今回、私にとって英国で初めての泊りがけの山行。11月に入って天候が 少しよくなったおかげか、結局雨が降らず、2日間とも登れた。画期的だ。

因みにこの "Craig Bwlch y Moch" は、ウェールズ語で、英訳すると "the pigs' pass crag" --- "豚の通り道岸壁" くらいになるそうな。 2、3人の英国人(イングランド人)に訊いたところ、意味はもちろん、 発音すらできなかった。強烈。ウェールズ人に発音してもらったところ、 "クライグ・バルホ・ア・モーホ" のように聞こえた。

第一部 (岩登り編)

岩登りの2日間、私はロブとコンビを組んだ。同じルートをジョン(リード)、 ケイティー、ジェーンが続くが、確保は2組で完全に独立で行なう。ルート には、やっぱりボルトは全く見当たらない --- つまりどこがルートかもよく 分からなかったりして、時に間違えることになる。我々は9mmのダブルロープ で登った。リードはもちろんロブ。「ダブルロープの確保って経験ない から…、落ちないで下さいね」とロブに声をかけると、「う、うん、ありが とう、ありがとう」とひきつった表情で応えてくれた。

1日目は、Captain's Crack(?) (175feet; VS(Very Severe))、2ピッチと少し。 2日目は、Christmas Curry (250feet; S(Severe))、3ピッチ。 結局、この2本を完登した。1日目はもう1本チャレンジしたが、ロブが 途中で断念、あとで上から空中懸垂で中間支点を回収と相成った。

2本とも技術的には難しくないが、高度感が楽しめるマルチピッチの 好ルートだった。眼下に広がる緑の牧場とその向こうの海と。そして 登り切って台地に立つと、牛がお迎えしてくれるのだ。

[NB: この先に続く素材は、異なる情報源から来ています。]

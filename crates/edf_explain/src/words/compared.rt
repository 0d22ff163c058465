//! That samples and annotations were compared where the headers aren't as claimed.

pub(crate) const ALL_COMPARED: &str =
    "The headers aren't as claimed. The samples of each claimed channel that both files have were compared all the same, and so were the annotations.";

pub(crate) const NOTES_COMPARED: &str =
    "No claimed channel is in both files, so no samples were compared. The annotations were compared all the same.";

pub(crate) const THEY_ARE_AS_CLAIMED: &str = "  They are as claimed.";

チョック類のナチュラル・プロテクションはやっぱり怖いものだと実感した。 ロブが登っている最中、すぐ下のチョックが外れる瞬間も目にした…。下方 への張力に強いようにセットするから、他の方向へ引っ張られると外れる ことがあるのだ。ビレイも張り過ぎないよう注意が必要だと認識した。ロブは さすが手慣れたもので、核心部とかだときっちり二重にプロテクションを 取っていた。フォロー時に見ると、そのうちひとつが外れていたりしたので、 実に正しい判断である(但し、外れたのは、登っている最中ではなく、ロープ アップの時の可能性も結構ある)。

一方、フォローも楽ではない。ボルトへぬんちゃくをかけているだけと違って、 チョックの場合は素手で押したり引いたりでは取れないことが多く、 リムーバーを持ち出してがんがん格闘する羽目になる。不安定な足場の上で…。 おまけにロブと私とでは身長だけで20cmはゆうに違ってさらにリーチも違う。 ロブが(チョックを)セットしたスタンスに立ったのでは、しばしば届きも しないではないか。

とはいえ、まさに自分の力だけで登っていける、というのは、大変魅力的 なスタイルだと感じる。ちょっとしたクラックがあれば、どこでも確保 できるし。

第二部 (生活編)

泊まりは、岩場すぐ横、道路沿いのコテージ(hut と呼んでいた)を借り切る。 快適な二段ベッド(マットはあるが、布団はないので寝袋で寝る)の広い寝室 小屋、台所とトイレとの小屋からなる。台所は電磁調理器から冷蔵庫まで完備、 おまけに蛇口をひねればなんと湯が出る! さすが西洋。。。もっとも、山の 奥深くにあるわけでは全然ない(実際、道路を挟んだ向かいには喫茶店が ある)ので、別に不思議な話ではないか。どんな宿泊所か知らず、ストーブ にジフィーズで武装してきた私はちょっと拍子抜け。

道路の向かいには、キャンプサイトがあった。牧場の片隅の芝生の広々と したキャンプサイト。山岳部なんだから、テントにしては、と思わない でもないが、コテージの貸切りに比べてコストがかさんでおまけに 不便、面倒と言われると返す言葉がない気がする。なにしろコテージの 借り賃は2泊3日で一人あたり2000円未満だったし。第一、山中ならとも かく、こんな平地ではね。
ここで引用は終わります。